On some nights, he thrashed around in bed, yelling something I couldn’t quite make out. That he was too old to take on such a big project, I imagined, a message delivered by masked men wearing John Deere caps and thumping him in the chest with sacks of Monsanto-laced corn.
Thankfully, their wildflowers make it through the weeds, growing naturally in their native landscape. The federal government also comes through with a set of subsidies. Perry records the conversation with Keith.
“I’m guessing you did the deed?”
He sighed. “Turns out the government will reimburse about half of our costs and also pay us a $15,000 sign-up incentive.”
I was sure I had misheard him. “The federal government is going to pay us a signing bonus for growing wildflowers?”
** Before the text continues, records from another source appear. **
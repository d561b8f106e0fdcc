//! A row's words. Number y is in the row where bit y % 64 of word y / 64 is set; a row is only as long
//! as it has to be.

ghost use Rattle.std.specs.Prelude.{◌≡◌, ℕ, ◌<◌, ◌≤◌, ◌+◌, ◌*◌, ◌==◌, ◌||◌, ◌/◌, true, false, length, slice_index, vec_len, vec_capacity, IfOk};
ghost use Rattle.std.specs.Int.{bit_at};
ghost use Rattle.std.specs.Bool.{OnTrue};
ghost use Rattle.std.specs.List.{list_any};
ghost use Rattle.pm_reach.specs.Words.{in_row};
ghost use Rattle.pm_reach.specs.Rows.{most};

use pm_model::Memory;
use std::alloc::Global;
use std::cmp::{max, min};

/// Whether the row has y.
#[tactic(auto, using(crate::proofs::Bits::past_row))]
pub(crate) fn has(words: &[u64], y: u32) -> bool
    ensures { result ≡ in_row words.now y }
{
    let i = y as usize / 64;
    i < words.len() && (words[i] >> (y % 64)) & 1 == 1
}

/// Word k of the row: bit i says whether the row has 64 k + i.
#[tactic(auto, using(crate::proofs::WholeWords::word_at, crate::proofs::WholeWords::word_past))]
pub(crate) fn word(words: &[u64], k: u32) -> u64
    ensures { (i : ℕ) → i < 64 → (bit_at result i == 1) ≡ in_row words.now (64 * k + i) }
{
    let k = k as usize;
    if k < words.len() { words[k] } else { 0 }
}

/// The least number from z on in the word of z that the row has; where the next word begins, if there is
/// none.
fn next_in_word(words: &[u64], z: u32) -> u32
    requires few { z < most }
    ensures from { z ≤ result }
    ensures to { result ≤ (z / 64 + 1) * 64 }
    ensures none { (p : ℕ) → z ≤ p → p < result → in_row words.now p ≡ false }
    ensures there { result < (z / 64 + 1) * 64 → in_row words.now result ≡ true }
{
    let rest = word(words, z / 64) >> (z % 64);
    let found = z + rest.trailing_zeros();
    let end = (z / 64 + 1) * 64;
    if found < end { found } else { end }
}

/// The least number from `from` on that the row has, if it is below `high`; a number from `high` on where
/// there is none.
pub(crate) fn next(words: &[u64], from: u32, high: u32) -> u32
    requires from { from ≤ most }
    requires high { high ≤ most }
    ensures from { from ≤ result }
    ensures to { result ≤ most }
    ensures none { (p : ℕ) → from ≤ p → p < result → in_row words.now p ≡ false }
    ensures there { result < high → in_row words.now result ≡ true }
{
    let mut z = from;
    while z < high {
        let end = (z / 64 + 1) * 64;
        z = next_in_word(words, z);
        if z < end {
            return z;
        }
    }
    z
}

/// Whether some number above z is in both rows.
pub(crate) fn meet_above(words: &[u64], other: &[u64], z: u32) -> bool
    ensures { result ≡ false → (q : ℕ) → z < q → in_row words.now q ≡ true → in_row other.now q ≡ false }
{
    let k = z / 64;
    let here = word(words, k) & word(other, k);
    if here >> (z % 64) >> 1 != 0 {
        return true;
    }
    meet_from(words, other, k as usize + 1)
}

/// Whether some number is in both rows from a word on.
fn meet_from(words: &[u64], other: &[u64], k: usize) -> bool
    ensures { result ≡ false → (q : ℕ) → k ≤ q / 64 → in_row words.now q ≡ true → in_row other.now q ≡ false }
{
    for i in k..min(words.len(), other.len()) {
        if words[i] & other[i] != 0 {
            return true;
        }
    }
    false
}

/// Whether the row has all that the other row has. It may be no, too, where the row is the shorter one.
pub(crate) fn has_all(words: &[u64], other: &[u64]) -> bool
    ensures { OnTrue result ((q : ℕ) → in_row other.now q ≡ true → in_row words.now q ≡ true) }
{
    if words.len() < other.len() {
        return false;
    }
    for i in 0..other.len() {
        if words[i] | other[i] != words[i] {
            return false;
        }
    }
    true
}

/// Puts what the other row has into this one, which is at least as long.
fn unite(into: &mut [u64], from: &[u64])
    requires { length from.now ≤ length into.old }
    ensures row { (y : ℕ) → in_row into.new y ≡ (in_row into.old y || in_row from.now y) }
    ensures long { length into.new ≡ length into.old }
{
    for i in 0..from.len() {
        into[i] |= from[i];
    }
}

/// Puts what the other row has into this one, which has words for all of it.
pub(crate) fn unite_within(into: &mut [u64], from: &[u64])
    requires { (y : ℕ) → in_row from.now y ≡ true → y < 64 * length into.old }
    ensures row { (y : ℕ) → in_row into.new y ≡ (in_row into.old y || in_row from.now y) }
    ensures long { length into.new ≡ length into.old }
{
    let n = min(into.len(), from.len());
    unite(into, &from[..n]);
}

/// Puts y into the row.
pub(crate) fn set_bit(words: &mut [u64], y: u32)
    requires { y < 64 * length words.old }
    ensures set { (q : ℕ) → in_row words.new q ≡ (q == y || in_row words.old q) }
    ensures long { length words.new ≡ length words.old }
{
    words[y as usize / 64] |= 1 << (y % 64);
}

/// Puts these numbers into an empty row.
pub(crate) fn put(words: &mut [u64], numbers: &[u32])
    requires fits { (q : ℕ) → list_any (λ n. n == q) numbers.now ≡ true → q < 64 * length words.old }
    requires none { (q : ℕ) → in_row words.old q ≡ false }
    ensures row { (q : ℕ) → in_row words.new q ≡ list_any (λ n. n == q) numbers.now }
    ensures long { length words.new ≡ length words.old }
{
    for n in numbers {
        set_bit(words, *n);
    }
}

/// Empties the row, and leaves its words.
#[tactic(auto, using(crate::proofs::Bits::bit_none))]
pub(crate) fn empty(words: &mut [u64])
    ensures long { length words.new ≡ length words.old }
    ensures none { (q : ℕ) → in_row words.new q ≡ false }
{
    words.fill(0);
}

/// How many words the row needs.
fn used(words: &[u64]) -> usize
    ensures within { result ≤ length words.now }
    ensures rest { (k : ℕ) → result ≤ k → slice_index words.now k ≡ 0 }
{
    let mut n = words.len();
    while n > 0 && words[n - 1] == 0 {
        n -= 1;
    }
    n
}

/// Lets go the words that the row doesn't need.
#[tactic(auto, using(crate::proofs::Bits::zero_less))]
fn trim(words: &mut Vec<u64>)
    ensures { (q : ℕ) → in_row words.new.items q ≡ in_row words.old.items q }
{
    let n = used(words.as_slice());
    words.truncate(n);
}

/// Makes the row at least so long, in the room that it has.
#[tactic(auto, using(crate::proofs::Bits::zero_more))]
fn lengthen(words: &mut Vec<u64>, n: usize)
    requires { n ≤ vec_capacity words.old }
    ensures long { n ≤ vec_len words.new }
    ensures same { (q : ℕ) → in_row words.new.items q ≡ in_row words.old.items q }
{
    while words.len() < n {
        words.push_reserved(0);
    }
}

/// Puts what the other row has into this one, in the room that it has.
#[tactic(auto, using(crate::proofs::Bits::within_row))]
pub(crate) fn join(words: &mut Vec<u64>, other: &[u64])
    requires { length other.now ≤ vec_capacity words.old }
    ensures { (q : ℕ) → in_row words.new.items q ≡ (in_row words.old.items q || in_row other.now q) }
{
    lengthen(words, other.len());
    unite(words.as_mut_slice(), other);
}

/// Lets the row have what the other row has, for all of which it has words, and nothing else. It leaves its words.
fn refill(words: &mut [u64], other: &[u64])
    requires { (y : ℕ) → in_row other.now y ≡ true → y < 64 * length words.old }
    ensures row { (q : ℕ) → in_row words.new q ≡ in_row other.now q }
    ensures long { length words.new ≡ length words.old }
{
    empty(words);
    unite_within(words, other);
}

/// Makes the row have what the other row has, which it has already, and nothing else.
pub(crate) fn overwrite(words: &mut Vec<u64>, other: &[u64])
    requires { (q : ℕ) → in_row other.now q ≡ true → in_row words.old.items q ≡ true }
    ensures { (q : ℕ) → in_row words.new.items q ≡ in_row other.now q }
{
    refill(words.as_mut_slice(), other);
    trim(words);
}

/// The row with y and what the other row has.
pub(crate) fn row_with(alloc: Global, y: u32, other: &[u64]) -> Result<Vec<u64>, Memory>
    ensures { IfOk result (λ words. (q : ℕ) → in_row words.items q ≡ (q == y || in_row other.now q)) }
{
    let size = max(y as usize / 64 + 1, other.len());
    let mut words = Vec::with_capacity(alloc, size)?;
    lengthen(&mut words, size);
    unite(words.as_mut_slice(), other);
    set_bit(words.as_mut_slice(), y);
    Ok(words)
}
“And $240 rent on each acre we aren’t planting in grain. Between the incentive, the reimbursements, and the rent, we’ll make more growing flowers for the bees and butterflies than we did growing corn and beans for Coca-Cola and Frito-Lay.”
Subsidies
Government subsidies are a hot topic; they have been for some time and will continue to be long into the future. My goal is not to debate them here – not that I could debate them anyways. I do want to cite a passage where Perry explains them in laymen terms.
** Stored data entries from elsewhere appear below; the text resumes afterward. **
//! What is shared is never written: an `Arc` gives its value only to a sole owner. So a change of one
//! table never shows in another.

ghost use Rattle.std.specs.Prelude.{◌≡◌, true, IfOk, IfErr};
ghost use Rattle.std.specs.Borrow.{Lends, sem};
ghost use Rattle.pm_reach.specs.Sharing.{is_owned};
ghost use Rattle.pm_reach.specs.Table.{value_of};

use std::alloc::Global;
use std::sync::Arc;

/// What a table has.
#[derive(Drop)]
pub(crate) enum Held<T> {
    /// No other table has it.
    Own(T),
    /// Other tables may have it too.
    Shared(Arc<T>),
}

impl<T> Held<T> {
    ghost use Rattle.pm_reach.specs.contracts.held.Held.{the_row};

    /// What no other table has, to be written.
    pub(crate) fn own_mut(&mut self) -> &mut T
        requires { is_owned self.old ≡ true }
        ensures* writes_back { sem 𝓛 (Lends (the_row T.row) T.row self.entry result Held.Own) }
        ensures value { self.old ≡ Held.Own result.now }
    {
        match self {
            Held::Own(value) => value,
            Held::Shared(_) => unreachable!(),
        }
    }
}

pub(crate) fn read<T>(held: &Held<T>) -> &T
    ensures { result.now ≡ value_of held.now }
{
    match held {
        Held::Own(value) => value,
        Held::Shared(shared) => &**shared,
    }
}

/// Lets it be shared. It takes memory where it wasn't.
pub(crate) fn shared<T: Drop>(alloc: Global, held: Held<T>) -> Result<Held<T>, Held<T>>
    ensures ok { IfOk result (λ same. value_of same ≡ value_of held) }
    ensures err { IfErr result (λ same. same ≡ held) }
{
    match held {
        Held::Own(value) => match Arc::new(alloc, value) {
            Ok(shared) => Ok(Held::Shared(shared)),
            Err(failed) => Err(Held::Own(failed.value)),
        },
        Held::Shared(shared) => Ok(Held::Shared(shared)),
    }
}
I am too new to farming to speak about subsidies with authority. I know that they were devised for a good reason, which was to help farmers pay their mortgages during the Great Depression. The 1933 Agricultural Adjustment Act (AAA) was part of FDR’s New Deal, one of several dozen programs designed to stabilize banks, stimulate the economy, and provide relief for the poor. To help balance supply and demand, the AAA paid farmers not to grow crops on a portion of their land, and it allowed the government to buy and store their excess grain until prices were more favorable. It also redistributed excess commodities to the poor. Like most New Deal programs, it was meant to provide temporary economic stimulus, but Congress made it permanent in 1938. Why? Because the bill included something for everyone: nutrition programs (i.e., Food Stamps, now SNAP, the Supplemental Nutrition Assistance Program, which “eats up” 67 percent of the five-year, $489-billion appropriation), farm subsidies (24 percent), and conservation programs (9 percent). What we know as the “Farm Bill” appeals to very disparate special interest groups.
Final Thoughts
Farewell to Agro came in the mail inside my first issue of Boulevard Magazine. I was impressed with Perry’s writing and was surprised to learn it was a runner up for the magazine’s Nonfiction Contest for Emerging Writers, because I would not have imagined her as an “emerging” writer, but an experienced one.
I might be biased on how highly I value this story; I idealize farming and am interested in how it works. Perry included both a wonderful first-hand narrative, snapshots of American history, and a scattering of in-depth facts on agriculture. I hope she keeps writing and will be on the lookout for more of her work in the future.